Is this something I should do before I purchase a gun?


----------



## buckeye dan

BuzzBait Brad said:


> Is this something I should do before I purchase a gun?


Brad,
I am an instructor with a long list of credentials who also manages a shooting range. You can take my advice for what it is worth. (Advice on the internet)

My best advice for you and your wife is to seek out some level of training before you purchase anything. A CHL course is just about the best starting place. Your personal defense should not be limited to the home with a shotgun. With your CHL you can carry a handgun everywhere the law will allow all of the time.

Unless you plan to take up hunting or sporting clays in the near future, I would put the shotgun purchase on hold. If there is no real urgency then there is no reason to make hasty decisions or rely on the recommendations from folks on the internet. (Like myself, ironic. I really should have read the thread more carefully before chiming in.)

John over at Mad Duck can provide you with firearms for the class. What you learn in that class will influence your purchase and don't be surprised if what works best for you is completely different from your wife's needs.

After the CHL class, visit shooting ranges that rent guns and try out some more firearms. Take everything you have learned then use it to make an informed purchase and allow the wife to do the same. That way when she walks up to the gun counter and the sales people try to peddle a pink revolver off on her, she can tell them to get bent. Or maybe she would like a pink revolver? I dunno? You get the point.

Don't stop with your training there either. Like 90% of the people do. Seek out more advanced classes and then maybe look into some shotgun training.

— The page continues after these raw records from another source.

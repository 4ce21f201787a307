//! Worked rows of changes, which compute from the definitions.
#![tactic(auto)]

mod rows;

pub use rows::deletions_are_answered_so;
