// How the thread that accepts waits for what the system tells.
use super::{ASKED, Entrance, PAUSE, Stirred, UNASKED, door_token};
use crate::stream::may_pass;
use mio::Token;
use nsc_tokens::SEATS;
use std::sync::Wait;
use std::time::{Clock, Duration};
use std::{io, thread};

// How many turns pass without sleep while connections are near each other.
const WAKEFUL: u32 = 50;

impl<R: Wait + Clock + Clone + Drop> Entrance<R> {
    /// Asks what the system tells, without waiting, if that was not done for a while: connections at one socket must not keep it from
    /// telling of others. It does not ask while connections that it told of wait for a look, whose list is bounded. If it cannot be
    /// asked, the next call tries again.
    pub(super) fn ask_if_due(&mut self, now: Duration) {
        self.unasked = self.unasked.saturating_add(1);
        let is_due = now.saturating_sub(self.asked) >= Duration::from_millis(ASKED);
        if self.stirred.is_empty() && (is_due || self.unasked >= UNASKED) {
            let _ = self.ask(now, Duration::ZERO);
        }
    }

    // Asks what the system tells, for which it waits up to a time, and notes that.
    fn ask(&mut self, now: Duration, limit: Duration) -> io::Result<()> {
        self.asked = now;
        self.unasked = 0;
        self.poll.poll(&mut self.events, Some(limit))?;
        self.note_events();
        Ok(())
    }

    /// Rests. If memory is short for that, it pauses, and the next turn tries again.
    pub(super) fn rest_or_pause(
        &mut self,
        clock: &R,
        turn: u32,
        now: Duration,
        left: Duration,
    ) -> io::Result<bool> {
        match self.rest(turn, now, left) {
            Err(error) if may_pass(&error) || error.kind() == io::ErrorKind::OutOfMemory => {
                thread::sleep(clock, Duration::from_millis(PAUSE));
                Ok(false)
            }
            outcome => outcome,
        }
    }

    // Waits until the system tells of something, at most for as long as is left. It does not sleep while there is work, nor at
    // first while connections are near each other, unless the processors are busy. While no more connections are taken it looks again
    // after a moment. Whether it yielded.
    fn rest(&mut self, turn: u32, now: Duration, left: Duration) -> io::Result<bool> {
        if self.is_crowded() {
            self.ask(now, Duration::from_millis(PAUSE))?;
            return Ok(false);
        }
        let is_unknown = self.doors.iter().any(|door| door.is_unknown());
        let may_yield = self.yields.may_yield(now);
        let looks_on = may_yield && self.is_wakeful && self.pace.is_near() && turn < WAKEFUL;
        let is_awake = looks_on || self.has_work();
        let limit = if is_awake { Duration::ZERO } else { left };
        self.ask(now, limit)?;
        let has_news = !self.events.is_empty();
        let yields = may_yield && is_awake && !has_news && !is_unknown;
        if is_unknown {
            self.ask_doors()?;
        }
        if yields {
            thread::yield_now();
        }
        Ok(yields)
    }

    // Whether there is somebody to look at of whom the system is not going to tell again.
    fn has_work(&self) -> bool {
        !self.stirred.is_empty()
            || self.team.has_handed()
            || self.room.has_standing()
            || self.doors.iter().any(|door| !door.is_quiet())
    }

    // Notes whom the system told of.
    fn note_events(&mut self) {
        for event in self.events.iter() {
            let Token(token) = event.token();
            if token < SEATS {
                if let Some(door) = self.doors.get_mut(token) {
                    door.open();
                }
            } else {
                let _ = self.stirred.push_back(Stirred {
                    token,
                    has_ended: event.is_read_closed(),
                });
            }
        }
    }

    // The doors of which it is still not known whether connections wait there are asked, so that the next wait tells.
    fn ask_doors(&mut self) -> io::Result<()> {
        for at in 0..self.doors.len() {
            if let Some(door) = self.doors.get_mut(at) {
                if door.is_unknown() {
                    door.ask(self.poll.registry(), door_token(at))?;
                }
            }
        }
        Ok(())
    }
}
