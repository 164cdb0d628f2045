// Who accepts beside the first thread, and when.
use super::{EVENTS, Entrance};
use crate::guest::ReadyGuest;
use crate::listener::Accepted;
use crate::role::Role;
use crate::unix_helper::{Tools, UnixHelper};
use crate::unix_input::UnixInput;
use crate::unix_output::UnixOutput;
use mio::Poll;
use nsc_roster::HELPERS;
use std::alloc::Global;
use std::io;
use std::net::Net;
use std::sync::atomic::Ordering;
use std::sync::{Arc, Wait};
use std::time::Clock;

// How many connections in a row are found at the first look before a helper is woken.
const STREAK: u32 = 8;

impl<R: Wait + Clock + Clone + Drop> Entrance<R> {
    /// Makes one more helper at the plain socket. `None` if there is none of that role, there are enough, or memory is short.
    pub(crate) fn helper(&mut self, system: &R) -> Option<UnixHelper<R>> {
        let tools = self.tools(system)?;
        let poll = self.spare.pop()?;
        let number = self.spare.len();
        UnixHelper::new(tools, number, poll).ok()
    }

    // What a helper is made with.
    fn tools(&self, system: &R) -> Option<Tools<R>> {
        let door = self.doors.iter().find(|door| door.role() == Role::Plain)?;
        Some(Tools {
            alloc: self.alloc,
            system: system.clone().ok()?,
            team: Arc::try_clone(&self.team).ok()?,
            socket: door.share()?,
            departures: Arc::try_clone(&self.means.departures).ok()?,
            share: self.means.share as u64,
            patience: Arc::try_clone(&self.patience).ok()?,
        })
    }

    /// Takes charge of the plain socket again, and looks there once as if told.
    pub(super) fn take_back(&mut self) {
        if !self.is_lent {
            return;
        }
        self.team.take_back();
        self.is_lent = false;
        for door in self.doors.iter_mut() {
            if door.role() == Role::Plain {
                door.open();
            }
        }
    }

    /// Puts a helper in charge if an administrator's order was found, which may wait. Wakes one if many connections follow each other.
    pub(super) fn note_found(
        &mut self,
        turn: u32,
        accepted: &Accepted<UnixInput<R>, UnixOutput<R>>,
    ) {
        if let Accepted::Conn {
            role: Role::Admin,
            ..
        } = accepted
        {
            self.is_lent = self.team.lend();
        }
        self.streak = if turn == 0 {
            self.streak.saturating_add(1)
        } else {
            0
        };
        if self.streak >= STREAK {
            self.streak = 0;
            if self.may_call() {
                self.team.call();
            }
        }
    }

    // Whether a helper would find a processor, and the workers keep up.
    fn may_call(&self) -> bool {
        let jobs = self.means.jobs.load(Ordering::SeqCst);
        self.is_wakeful && jobs <= (self.means.share / 2) as u64
    }

    /// Gives the next connection of a helper that can be given out.
    pub(super) fn next_handed(&mut self, system: &R) -> Option<ReadyGuest<R>> {
        for _ in 0..EVENTS {
            let guest = self.team.take(system)?;
            let ready = self.room.receive(self.poll.registry(), guest, false);
            if ready.is_some() {
                return ready;
            }
        }
        None
    }
}

/// Makes a poll for each helper.
pub(super) fn polls(alloc: Global, net: &impl Net) -> io::Result<Vec<Poll>> {
    let mut polls = Vec::with_capacity(alloc, HELPERS)?;
    for _ in 0..HELPERS {
        polls.push(Poll::new(net)?)?;
    }
    Ok(polls)
}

FYI, I am not just trying to sell classes for my buddies. Those two companies are where folks like myself go for instruction. They are some of the best in the industry and not just Ohio.


----------



## Saugernut

X2 on the training, shooting a firearm is a perishable skill unlike riding a bike or falling off a horse.


----------



## Fishingisfun

I agree with the importance of training I was lucky to have as a TDI guest instructor at a CCW class I took through MOFTA. The TDI instructor was also a LPA and gave insight to the legal implications of your weapon of choice. We fired around 200 rounds for our permit classroom time. Make sure your training is more than a permit mill. I have heard some classes fired one cylinder or a mag to show ability to handle a weapon.
I believe it was on the cheaper than dirt website videos where different rounds are tested on drywall to show how far they can penetrate. If I'm remembering right the buckshot and the 9mm were the most likely to penetrate multiple layers of drywall. As said knowing what is beyond where you shoot is important. So living close to innocent neighbors you would not want accidently hit one in a self defense situation. Some newer thought on self defense weapons goes against what we all felt makes sense. Higher velocity rounds with lighter weight bullets that fragment to lessen the chance of going through layers of walls and possibly into another house nearby. Some trained experts will say using a 223 / 556 round with fragmenting bullets is better for not shooting through walls. I'm sure this will cause screams from many. IMHO I will stick with a handgun and fragmenting rounds. Having no home protection weapon is not good. Ask Dad who has guns if he would show you both the how to operate of a loaner he would let you take back to you apartment. FYI keep it covered when you transport it into your place after parking don't advertise its presence to would be thief's. If Dad has no spares check around for a beater shotgun and use smaller birdshot as others have said. Ask around someone is likely to have a cheap used one that is still sound. Get training for CCW for both of you and pick a handgun you would feel comfortable carrying. Their are cheap handguns that are uglier than a brick a friend owns that shoot well for him and give good service he says. So much so he bought all calibers and say he never had a failure to fire. He bought four Ohio made firearms for what I paid for one. $130 to $140 in local ad in Columbus.
The important thing is for both of you to feel safer at home.


----------



## joebertin

Not trying to rain on anybody's parade here, but...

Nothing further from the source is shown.